When a broker resigns, or is fired or permitted to resign, after allegations of violation of investment-related laws or rules, fraud or wrongful taking of property, or failure to supervise, both the termination of employment and the allegations of misconduct are reported on BrokerCheck. “Other reasons for termination, which do not implicate investor protection issues, are not reported.
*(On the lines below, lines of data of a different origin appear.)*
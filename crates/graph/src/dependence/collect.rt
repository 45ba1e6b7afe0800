//! The dependences of a loop, found by the subscripts of its statements.

ghost use Rattle.loop_data.specs.declared.language.statement.Statement.{Statement};
ghost use Rattle.std.specs.Prelude.{slice_get, pos, ◌+ℤ◌, ◌≡◌, ℕ, ℤ, ◌+◌, ◌<◌, ◌≤◌, length, Some, IfSome, IfOk};
ghost use Rattle.std.specs.List.{All, Contains};
ghost use Rattle.edges.specs.Edges.{EdgeData};
ghost use Rattle.graph.specs.Subscripts.{IsDelay, IsMemoryEdge, ReadsBelow, AreLatencies, IsFound, GainsEdges, HasUses, HasMeetings};
ghost use Rattle.graph.specs.inner.SameArrays.{AreLinked};
ghost use Rattle.machine_data.specs.declared.limits.TheConstants.{MAX_LATENCY};

use edges::Edge;
use loop_data::{Operand, Statement};
use machine_data::limits::MAX_STATEMENTS;
use machine_data::{Opcode, OutOfMemory};
use std::alloc::Global;

/// The delay of a dependence through memory, of the operation with the second opcode on the one with
/// the first, by their latencies.
fn memory_delay(from: Opcode, to: Opcode, latency: u8, later: u8) -> Option<i8>
    requires short { latency ≤ MAX_LATENCY }
    requires later_short { later ≤ 64 }
    ensures sound { IfSome result (λ delay. IsDelay from to latency later delay) }
    ensures complete { (delay : ℤ) → IsDelay from to latency later delay → result ≡ Some delay }
{
    match (from, to) {
        (Opcode::Store, Opcode::Load) => Some(latency as i8),
        (Opcode::Load, Opcode::Store) => Some(1 - later as i8),
        (Opcode::Store, Opcode::Store) => Some(1 + latency as i8 - later as i8),
        _ => None,
    }
}

/// How many iterations later a place comes upon the cell of another one, by their offsets.
fn iterations_until(place: i8, later: i8) -> Option<u8>
    ensures sound { IfSome result (λ distance. place ≡ (later +ℤ pos distance)) }
    ensures complete { (distance : ℕ) → place ≡ (later +ℤ pos distance) → result ≡ Some distance }
{
    let distance = i16::from(place) - i16::from(later);
    if distance < 0 {
        return None;
    }
    Some(distance as u8)
}

/// The dependence through memory of the second operation on the first, by their numbers.
fn memory_edge(
    first: &Statement,
    from: u8,
    second: &Statement,
    to: u8,
    latencies: &[u8],
) -> Option<Edge>
    requires latencies { AreLatencies latencies.now }
    requires from_in { from < length latencies.now }
    requires to_in { to < length latencies.now }
    ensures sound { IfSome result (λ e. IsMemoryEdge latencies.now from first.now to second.now e) }
    ensures complete { (e : EdgeData) → IsMemoryEdge latencies.now from first.now to second.now e → result ≡ Some e }
{
    let (Some(place), Some(later)) = (first.place, second.place) else {
        return None;
    };
    let distance = iterations_until(place.offset, later.offset)?;
    if place.array != later.array || (distance == 0 && from >= to) {
        return None;
    }
    let delay = memory_delay(
        first.opcode,
        second.opcode,
        latencies[from as usize],
        latencies[to as usize],
    )?;
    Some(Edge {
        from,
        to,
        distance,
        delay,
    })
}

/// Appends the dependences of an operation on the operations whose values it uses.
fn push_uses(
    statements: &[Statement],
    to: usize,
    latencies: &[u8],
    list: &mut Vec<Edge>,
) -> Result<(), OutOfMemory>
    requires few { length statements.now ≤ MAX_STATEMENTS }
    requires to_in { to < length statements.now }
    requires reads { All (λ (s : Statement). All (ReadsBelow (length latencies.now)) s.operands) statements.now }
    requires latencies { AreLatencies latencies.now }
    ensures gains { IfOk result (λ _. GainsEdges statements.now latencies.now list.old.items list.new.items) }
    ensures complete { IfOk result (λ _. (reader : Statement) → slice_get statements.now to ≡ Some reader → HasUses latencies.now to reader.operands list.new.items) }
{
    for operand in statements[to].operands.as_slice() {
        if let Operand::Value {
            statement,
            distance,
        } = *operand
        {
            list.push(Edge {
                from: statement,
                to: to as u8,
                distance,
                delay: latencies[statement as usize] as i8,
            })?;
        }
    }
    Ok(())
}

/// The statements that touch each array, in their order: the first one, and after each the next. At the
/// end of an array's stands the number of statements.
#[derive(Drop)]
struct SameArrays {
    first: [u8; 256],
    next: [u8; MAX_STATEMENTS],
}

/// The statements that touch each array.
fn same_arrays(statements: &[Statement]) -> SameArrays
    requires few { length statements.now ≤ MAX_STATEMENTS }
    ensures { AreLinked statements.now 0 result.first result.next }
{
    let end = statements.len() as u8;
    let mut first = [end; 256];
    let mut next = [end; MAX_STATEMENTS];
    for i in (0..statements.len()).rev() {
        let statement = &statements[i];
        if let Some(place) = statement.place {
            next[i] = first[place.array as usize];
            first[place.array as usize] = i as u8;
        }
    }
    SameArrays { first, next }
}

/// Appends the dependences of an operation through memory, on the operations that touch the same array.
fn push_meetings(
    statements: &[Statement],
    to: usize,
    latencies: &[u8],
    same: &SameArrays,
    list: &mut Vec<Edge>,
) -> Result<(), OutOfMemory>
    requires few { length statements.now ≤ MAX_STATEMENTS }
    requires to_in { to < length statements.now }
    requires latencies { AreLatencies latencies.now }
    requires same { length latencies.now ≡ length statements.now }
    requires linked { AreLinked statements.now 0 same.now.first same.now.next }
    ensures gains { IfOk result (λ _. GainsEdges statements.now latencies.now list.old.items list.new.items) }
    ensures complete { IfOk result (λ _. HasMeetings statements.now latencies.now to (length statements.now) list.new.items) }
{
    let second = &statements[to];
    let Some(place) = second.place else {
        return Ok(());
    };
    let mut from = same.first[place.array as usize];
    while (from as usize) < statements.len() {
        let first = &statements[from as usize];
        if let Some(edge) = memory_edge(first, from, second, to as u8, latencies) {
            list.push(edge)?;
        }
        from = same.next[from as usize];
    }
    Ok(())
}

/// All dependences, some of them more than once.
pub fn collect(
    alloc: Global,
    statements: &[Statement],
    latencies: &[u8],
) -> Result<Vec<Edge>, OutOfMemory>
    requires few { length statements.now ≤ MAX_STATEMENTS }
    requires reads { All (λ (s : Statement). All (ReadsBelow (length latencies.now)) s.operands) statements.now }
    requires latencies { AreLatencies latencies.now }
    requires same { length latencies.now ≡ length statements.now }
    ensures sound { IfOk result (λ v. All (IsFound statements.now latencies.now) v.items) }
    ensures complete { IfOk result (λ v. (e : EdgeData) → IsFound statements.now latencies.now e → Contains v.items e) }
{
    let mut list = Vec::with_capacity(alloc, statements.len() * 2)?;
    let same = same_arrays(statements);
    for to in 0..statements.len() {
        push_uses(statements, to, latencies, &mut list)?;
        push_meetings(statements, to, latencies, &same, &mut list)?;
    }
    Ok(list)
}
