//! How many rounds settle the heights of worked loops, and the circuits that do not fit an interval, where it is not the one below the
//! bound, as it is for a graph that `dot` draws.

ghost use Rattle.std.specs.Prelude.{◌≤◌};

use super::given::{ACC, CHAIN, LATE, LONE, M1, M2, M4};
use circuits::circuit_above;
use edges::{Edge, Edges};
use graph::edges;
use loops::read_loops;
use machine::read_machine;
use std::alloc::Global;
use std::test::Fail;
use walks::rounds;

/// The edges of the loop of a text on the machine of a text.
fn dependences_of(alloc: Global, machine: &str, text: &str) -> Result<Edges, Fail> {
    let machine = read_machine(alloc, machine.as_bytes())?;
    let loops = read_loops(alloc, text.as_bytes())?;
    let innermost = loops.as_slice().first().ok_or("a loop")?;
    Ok(edges(alloc, &machine, innermost)?)
}

/// Whether an interval is at or above the recurrence bound, and how many rounds are made.
fn rounds_of(alloc: Global, machine: &str, text: &str, ii: u16) -> Result<(bool, u64), Fail> {
    let dependences = dependences_of(alloc, machine, text)?;
    Ok(rounds(alloc, &dependences, u64::from(ii).clamp(1, 16384))?)
}

// The recurrence of `CHAIN` takes 5 cycles.
#[test]
fn settles_in_rounds(rt: HostRuntime) -> Result<(), Fail> {
    for (machine, text, ii, wanted) in [
        (M1, CHAIN, 4, (false, 3)),
        (M1, CHAIN, 5, (true, 3)),
        (M4, LATE, 2, (true, 2)),
        (M2, LONE, 1, (true, 1)),
    ] {
        let found = rounds_of(rt.alloc(), machine, text, ii)?;
        assert_eq!(rt; found, wanted, "at {ii}: {text}");
    }
    Ok(())
}

/// Two operations, each of which needs the other's value.
const TURNS: &str = "loop turns
param p = 1
init y@1 = 0
x = add y@1 p
y = add x p
end
";

/// A loop whose operations need no value of an earlier iteration.
const STRAIGHT: &str = "loop straight
param p = 1
x = add p p
y = add x p
end
";

/// The circuit of `TURNS`: four cycles within one iteration.
const TURNS_CIRCUIT: &[Edge] = &[
    Edge {
        from: 0,
        to: 1,
        distance: 0,
        delay: 2,
    },
    Edge {
        from: 1,
        to: 0,
        distance: 1,
        delay: 2,
    },
];

/// The edges, in ascending order, of the circuit that a loop has above an interval; none where every circuit fits it.
fn circuit_of(alloc: Global, machine: &str, text: &str, ii: u16) -> Result<Vec<Edge>, Fail> {
    let dependences = dependences_of(alloc, machine, text)?;
    let found = circuit_above(alloc, &dependences, u64::from(ii).min(16384))?;
    let Some(mut circuit) = found else {
        return Ok(Vec::new(alloc));
    };
    circuit.sort()?;
    Ok(circuit)
}

#[test]
fn finds_circuits(rt: HostRuntime) -> Result<(), Fail> {
    for (machine, text, ii, wanted) in [
        (M2, TURNS, 0, TURNS_CIRCUIT),
        (M2, TURNS, 4, &[]),
        (M1, CHAIN, 5, &[]),
        (M1, ACC, 1, &[]),
        (M2, STRAIGHT, 0, &[]),
        (M2, STRAIGHT, 16384, &[]),
    ] {
        let found = circuit_of(rt.alloc(), machine, text, ii)?;
        assert!(rt; found.as_slice() == wanted, "above {ii}: {text}");
    }
    Ok(())
}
Nonetheless, PIABA mistakenly contends that BrokerCheck always excludes reasons for termination.”

FINRA also argues that BrokerCheck currently excludes bankruptcies more than 10 years old, and judgments or liens that have been satisfied, consistent with the SEC and state approved uniform registration forms.

As to exam scores, BrokerCheck provides information regarding the name and date of all qualifying examinations that the broker has passed, FINRA states. ”BrokerCheck does not provide test scores or information regarding failed exams.Though PIABA offers no evidence to support a correlation between test scores and broker competence, the authors argue that if an investor decides the information is important, they should be permitted to see it.”

When a broker is the subject of an internal review by a former employer, disclosure information regarding that matter is not provided on BrokerCheck, FINRA says. However, “the events related to the internal investigation may be reported under sections of the uniform registration forms for disclosure of employment termination, regulatory action, customer complaints, arbitration or civil litigation.”